Exercise> Across all the entries below, how many lines mention the string "target"? Respond with a single number.
*-*-*
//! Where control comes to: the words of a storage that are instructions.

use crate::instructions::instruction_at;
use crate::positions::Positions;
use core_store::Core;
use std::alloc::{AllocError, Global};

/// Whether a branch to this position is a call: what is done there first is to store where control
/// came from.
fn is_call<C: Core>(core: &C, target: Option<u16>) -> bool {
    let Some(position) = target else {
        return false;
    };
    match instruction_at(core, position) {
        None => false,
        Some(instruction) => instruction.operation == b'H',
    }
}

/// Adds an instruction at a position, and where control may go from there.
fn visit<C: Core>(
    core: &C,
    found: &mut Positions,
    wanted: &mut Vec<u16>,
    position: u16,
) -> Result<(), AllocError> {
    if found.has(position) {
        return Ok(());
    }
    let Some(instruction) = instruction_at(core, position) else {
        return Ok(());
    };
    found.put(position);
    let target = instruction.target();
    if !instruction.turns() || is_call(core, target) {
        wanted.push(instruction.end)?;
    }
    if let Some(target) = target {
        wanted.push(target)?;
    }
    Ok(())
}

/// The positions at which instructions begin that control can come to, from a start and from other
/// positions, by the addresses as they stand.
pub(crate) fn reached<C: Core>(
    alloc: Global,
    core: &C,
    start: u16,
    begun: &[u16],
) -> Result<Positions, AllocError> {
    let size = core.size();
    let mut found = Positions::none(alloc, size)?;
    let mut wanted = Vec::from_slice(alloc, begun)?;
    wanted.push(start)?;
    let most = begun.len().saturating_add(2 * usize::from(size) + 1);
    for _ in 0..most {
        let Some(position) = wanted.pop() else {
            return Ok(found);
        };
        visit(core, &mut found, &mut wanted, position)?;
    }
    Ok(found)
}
*-*-*
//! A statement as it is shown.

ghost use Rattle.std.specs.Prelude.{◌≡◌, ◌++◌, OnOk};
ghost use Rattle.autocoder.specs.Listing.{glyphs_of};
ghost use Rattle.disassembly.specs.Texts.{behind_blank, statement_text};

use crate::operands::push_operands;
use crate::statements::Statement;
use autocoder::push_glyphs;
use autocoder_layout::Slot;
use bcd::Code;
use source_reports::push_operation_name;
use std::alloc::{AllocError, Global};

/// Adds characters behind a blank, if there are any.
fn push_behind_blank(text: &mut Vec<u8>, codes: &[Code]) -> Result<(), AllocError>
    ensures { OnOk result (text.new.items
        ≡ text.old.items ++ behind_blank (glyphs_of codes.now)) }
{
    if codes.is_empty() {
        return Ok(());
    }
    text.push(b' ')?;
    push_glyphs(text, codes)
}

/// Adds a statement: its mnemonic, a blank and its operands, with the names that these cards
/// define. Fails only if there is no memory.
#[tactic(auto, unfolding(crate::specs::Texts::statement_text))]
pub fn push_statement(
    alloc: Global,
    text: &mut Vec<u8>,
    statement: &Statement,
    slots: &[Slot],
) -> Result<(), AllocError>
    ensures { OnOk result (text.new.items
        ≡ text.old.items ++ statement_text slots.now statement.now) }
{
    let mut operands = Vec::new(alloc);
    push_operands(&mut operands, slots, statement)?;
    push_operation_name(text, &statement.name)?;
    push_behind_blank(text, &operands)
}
*-*-*
Completed task> 6